Yes, that law was an exaggeration but there are plenty of examples that
include specifics on where the headquarters is which is effectively the same
thing.

As to pork, the 50 billion sandy bill 17 billion relating to sand and then a
bunch of random junk such as 33 million for Amtrack which is a for profit
company. Now in this case nobody felt the need to hide it, but there are
plenty of past spending bills aka law that have really specific contract
requirements. EX: 693,000$ (~1/20,000th the budget) for beef improvement
research in Missouri and Texas went to the Beef Improvement Federation as the
only group meeting the requirements despite not being directly named in law.
Granted by it's self not a big deal but plenty of things such as vary narrow
import tarrifs stick around ex: refined vs raw sugar.
<http://edis.ifas.ufl.edu/sc019>

------
themgt
Working with the local Code for America group, we've been trying to put a
basic budget app online and it's an amazing clusterfuck. The city published
incredibly incomplete budget docs in a Google Fusion table, and more detailed
documents in images-embedded-in-PDFs.

Trying to get access to the underlying information and talking with the city's
"chief information officer", turns out the actual budget numbers don't really
quite add up due to department moves and program changes and such, so they
literally have "a guy" who is entering numbers manually into a Word document
based on black magic, to make it all add up.

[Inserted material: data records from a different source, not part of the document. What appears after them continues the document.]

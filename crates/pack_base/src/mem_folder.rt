//! A folder in memory, which fails where it is told to.
ghost use Rattle.std.specs.Prelude.{
  ◌≡◌,
  ◌≤◌,
  ◌<◌,
  ◌^◌,
  ◌-◌,
  ◌↔◌,
  ◌⊎◌,
  ◌++◌,
  ◌∷◌,
  [],
  None,
  Some,
  IsSome,
  IsNone,
  IsOk,
  IsErr,
  IfOk,
  OnOk,
  OnErr,
  length,
  min,
  option_map,
};
ghost use Rattle.std.specs.Option.{option_copied};
ghost use Rattle.pack_base.specs.Counts.{counted, HasCause, Rose};
ghost use Rattle.pack_base.specs.Outside.{
  Appended,
  Changes,
  Holds,
  Later,
  PartAppended,
  PartMade,
  ReadsAt,
  SameFaults,
  bytes_at,
  file_at,
};

use crate::failures::Failures;
use crate::held::{copy_piece, hold, lengthen};
use crate::outside::{Failed, Folder};
use pack_model::Memory;
use std::alloc::Global;
use std::collections::HashMap;

/// Files in memory. Calls of `Folder` fail where `fail_at` or `fail_from` lists their number, and a read fails for
/// a name that isn't there. A creation or an append also fails for want of memory, which `refused` counts.
#[derive(Drop)]
pub struct MemFolder {
    alloc: Global,
    files: HashMap<String, Vec<u8>>,
    failures: Failures,
    read_faults: u64,
    write_faults: u64,
    given: u64,
    refused: u64,
    /// How many bytes a read gives at most.
    most: usize,
    ghost reads_give: { 1 ≤ most },
}

impl MemFolder {
    ghost use Rattle.pack_base.specs.Failures.{earlier};
    ghost use Rattle.pack_base.specs.MemFolder.{
      IsNewFolder,
      SameCounts,
      SameSettings,
      files_of,
      from_of,
      listed_of,
      most_of,
      refused_of,
    };

    /// A folder without files, whose calls all succeed so far.
    pub fn new(alloc: Global) -> MemFolder
        ensures { IsNewFolder result }
    {
        MemFolder {
            alloc,
            files: HashMap::new(alloc),
            failures: Failures::new(alloc),
            read_faults: 0,
            write_faults: 0,
            given: 0,
            refused: 0,
            most: usize::MAX,
        }
    }

    /// Puts a file with these bytes in the place of what was there. It is no call of `Folder`.
    pub fn put(&mut self, name: &str, bytes: &[u8]) -> Result<(), Memory>
        ensures ok { OnOk result (Changes name.now (Holds bytes.now) (files_of self.old) (files_of self.new)) }
        ensures err { OnErr result (Changes name.now (λ before now. now ≡ before) (files_of self.old) (files_of self.new)) }
        ensures settings { SameSettings self.old self.new }
        ensures counts { SameCounts self.old self.new }
    {
        hold(self.alloc, &mut self.files, name, bytes)?;
        Ok(())
    }

    /// Lets the call of `Folder` with this number fail, counted from 1 over its three calls.
    pub fn fail_at(&mut self, call: u64) -> Result<(), Memory>
        ensures ok { OnOk result (listed_of self.new ≡ listed_of self.old ++ call ∷ []) }
        ensures err { OnErr result (listed_of self.new ≡ listed_of self.old) }
        ensures from { from_of self.new ≡ from_of self.old }
        ensures most { most_of self.new ≡ most_of self.old }
        ensures files { files_of self.new ≡ files_of self.old }
        ensures counts { SameCounts self.old self.new }
    {
        self.failures.list(call)
    }

    /// Lets each call of `Folder` from this number on fail, counted from 1 over its three calls. It takes no memory.
    pub fn fail_from(&mut self, call: u64) -> Result<(), Memory>
        ensures ok { IsOk result }
        ensures from { from_of self.new ≡ Some (earlier (from_of self.old) call) }
        ensures listed { listed_of self.new ≡ listed_of self.old }
        ensures most { most_of self.new ≡ most_of self.old }
        ensures files { files_of self.new ≡ files_of self.old }
        ensures counts { SameCounts self.old self.new }
    {
        self.failures.list_from(call);
        Ok(())
    }

    /// Lets each `read_at` give at most so many bytes.
    pub fn short_reads(&mut self, most: usize)
        requires { 1 ≤ most }
        ensures most { most_of self.new ≡ most }
        ensures listed { listed_of self.new ≡ listed_of self.old }
        ensures from { from_of self.new ≡ from_of self.old }
        ensures files { files_of self.new ≡ files_of self.old }
        ensures counts { SameCounts self.old self.new }
    {
        self.most = most;
    }

    /// The bytes of a file, or `None` where there is none of this name.
    pub fn get(&self, name: &str) -> Option<&[u8]>
        ensures { option_copied result ≡ file_at (files_of self.now) name.now }
    {
        match self.files.get(name) {
            Some(file) => Some(file.as_slice()),
            None => None,
        }
    }

    /// How many growths were refused in its calls of `Folder`, at most 2^64 - 1.
    pub fn refused(&self) -> u64
        ensures { result ≡ refused_of self.now }
    {
        self.refused
    }
}

impl Folder for MemFolder {
    ghost use Rattle.pack_base.specs.MemFolder.{
      CallMade,
      FailsNext,
      files_of,
      given_by,
      most_of,
      read_faults_of,
      refused_of,
      write_faults_of,
    };

    ghost files = { files_of };

    ghost read_faults = { read_faults_of };

    ghost write_faults = { write_faults_of };

    ghost given = { given_by };

    fn read_at(&mut self, name: &str, at: u64, buf: &mut [u8]) -> Result<usize, Failed>
        requires { at < 2 ^ 63 }
        ensures count { IfOk result (λ n. n ≤ length buf.old) }
        ensures bytes { IfOk result (λ n. IsSome (files_of self.old) → ReadsAt (bytes_at (files_of self.old) name.now) at n buf.new) }
        ensures files { files_of self.new ≡ files_of self.old }
        ensures given { IfOk result (λ n. given_by self.new name.now ≡ counted (given_by self.old name.now) n) }
        ensures none_given { OnErr result (given_by self.new name.now ≡ given_by self.old name.now) }
        ensures later { Later read_faults_of write_faults_of given_by self.old self.new }
        ensures cause { HasCause (read_faults_of self.old name.now) (read_faults_of self.new name.now) result }
        ensures quiet { OnOk result (SameFaults read_faults_of write_faults_of self.old self.new) }

        // It gives as many bytes as there are, up to the room and the most that a read gives.
        ensures length { IfOk result (λ n. n ≡ min (length (bytes_at (files_of self.old) name.now) - at)
            (min (length buf.old) (most_of self.old))) }

        // It fails exactly at a listed call, and for a name that isn't there.
        ensures fails { IsErr result ↔ (FailsNext self.old ⊎ IsNone (file_at (files_of self.old) name.now)) }
        ensures call { CallMade self.old self.new }
        ensures refused { refused_of self.new ≡ refused_of self.old }
    {
        let fails = self.failures.next_fails();
        match self.files.get(name) {
            Some(file) if !fails => {
                let count = copy_piece(file.as_slice(), at, self.most, buf);
                self.given = self.given.saturating_add(count as u64);
                Ok(count)
            }
            _ => {
                self.read_faults = self.read_faults.saturating_add(1);
                Err(Failed)
            }
        }
    }

    fn create(&mut self, name: &str) -> Result<(), Failed>
        ensures made { OnOk result (Changes name.now (Holds []) (files_of self.old) (files_of self.new)) }
        ensures failed { OnErr result (Changes name.now PartMade (files_of self.old) (files_of self.new)) }
        ensures later { Later read_faults_of write_faults_of given_by self.old self.new }
        ensures cause { HasCause (write_faults_of self.old name.now) (write_faults_of self.new name.now) result }
        ensures quiet { OnOk result (SameFaults read_faults_of write_faults_of self.old self.new) }

        // It fails exactly at a listed call, or where a growth was refused.
        ensures listed { FailsNext self.old → IsErr result }
        ensures fails { OnErr result (FailsNext self.old ⊎ Rose (refused_of self.old) (refused_of self.new)) }
        ensures call { CallMade self.old self.new }
        ensures refused { OnOk result (refused_of self.new ≡ refused_of self.old) }
    {
        if self.failures.next_fails() {
            self.write_faults = self.write_faults.saturating_add(1);
            return Err(Failed);
        }
        match hold(self.alloc, &mut self.files, name, b"") {
            Ok(()) => Ok(()),
            Err(_) => {
                self.refused = self.refused.saturating_add(1);
                self.write_faults = self.write_faults.saturating_add(1);
                Err(Failed)
            }
        }
    }

    fn append(&mut self, name: &str, bytes: &[u8]) -> Result<(), Failed>
        ensures made { OnOk result (Changes name.now (Appended bytes.now) (files_of self.old) (files_of self.new)) }
        ensures failed { OnErr result (Changes name.now (PartAppended bytes.now) (files_of self.old) (files_of self.new)) }
        ensures later { Later read_faults_of write_faults_of given_by self.old self.new }
        ensures cause { HasCause (write_faults_of self.old name.now) (write_faults_of self.new name.now) result }
        ensures quiet { OnOk result (SameFaults read_faults_of write_faults_of self.old self.new) }

        // It fails exactly at a listed call, or where a growth was refused.
        ensures listed { FailsNext self.old → IsErr result }
        ensures fails { OnErr result (FailsNext self.old ⊎ Rose (refused_of self.old) (refused_of self.new)) }
        ensures call { CallMade self.old self.new }
        ensures refused { OnOk result (refused_of self.new ≡ refused_of self.old) }
    {
        if self.failures.next_fails() {
            self.write_faults = self.write_faults.saturating_add(1);
            return Err(Failed);
        }
        match lengthen(self.alloc, &mut self.files, name, bytes) {
            Ok(()) => Ok(()),
            Err(_) => {
                self.refused = self.refused.saturating_add(1);
                self.write_faults = self.write_faults.saturating_add(1);
                Err(Failed)
            }
        }
    }
}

This is the sort of thing where if the tech crowd pushes to get the output
data open and accessible, it will be a strong incentive to stop the black
magic happening earlier in the process.

------
DanielBMarkham
"...this is not a failure of the Council itself..."

I'm calling bullshit. The council should make a law that says all legal code
stays in the public domain no matter what. Then a legal case would set up, and
then _all_ cities would have resolution on this.

There's nobody else but the council. We don't elect lexis-nexis, and council
members are the only guys there that represent our interests.

Yes, it's certainly fair to say it's a complex issue, and there are good
reasons why it's not available, but make no mistake: the council here is the
_only_ party responsible.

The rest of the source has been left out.